ASSIGNMENT: All records are to be printed again exactly as they appear.

____________________

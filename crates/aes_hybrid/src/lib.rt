//! AES in both forms under one list of stored round keys (FIPS 197): few blocks by vector
//! permutations, many on bit planes. Only the number of blocks decides, and it is no secret.
#![tactic(auto)]

mod batches;
pub mod borrowed_cipher;
mod closures;
pub mod examples;
pub mod kept_key;
mod names;
mod plane_keys;
mod stored_keys;
pub mod widths;

pub use names::{
    Aes128, Aes128Dec, Aes128Enc, Aes192, Aes192Dec, Aes192Enc, Aes256, Aes256Dec, Aes256Enc,
};
pub use plane_keys::store_planes;
pub use stored_keys::{BothWaysKeys, EncryptionKeys};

____________________

ANSWER BOX:
filename crates/aes_hybrid/src/lib.rt
//! AES in both forms under one list of stored round keys (FIPS 197): few blocks by vector
//! permutations, many on bit planes. Only the number of blocks decides, and it is no secret.
#![tactic(auto)]

mod batches;
pub mod borrowed_cipher;
mod closures;
pub mod examples;
pub mod kept_key;
mod names;
mod plane_keys;
mod stored_keys;
pub mod widths;

pub use names::{
    Aes128, Aes128Dec, Aes128Enc, Aes192, Aes192Dec, Aes192Enc, Aes256, Aes256Dec, Aes256Enc,
};
pub use plane_keys::store_planes;
pub use stored_keys::{BothWaysKeys, EncryptionKeys};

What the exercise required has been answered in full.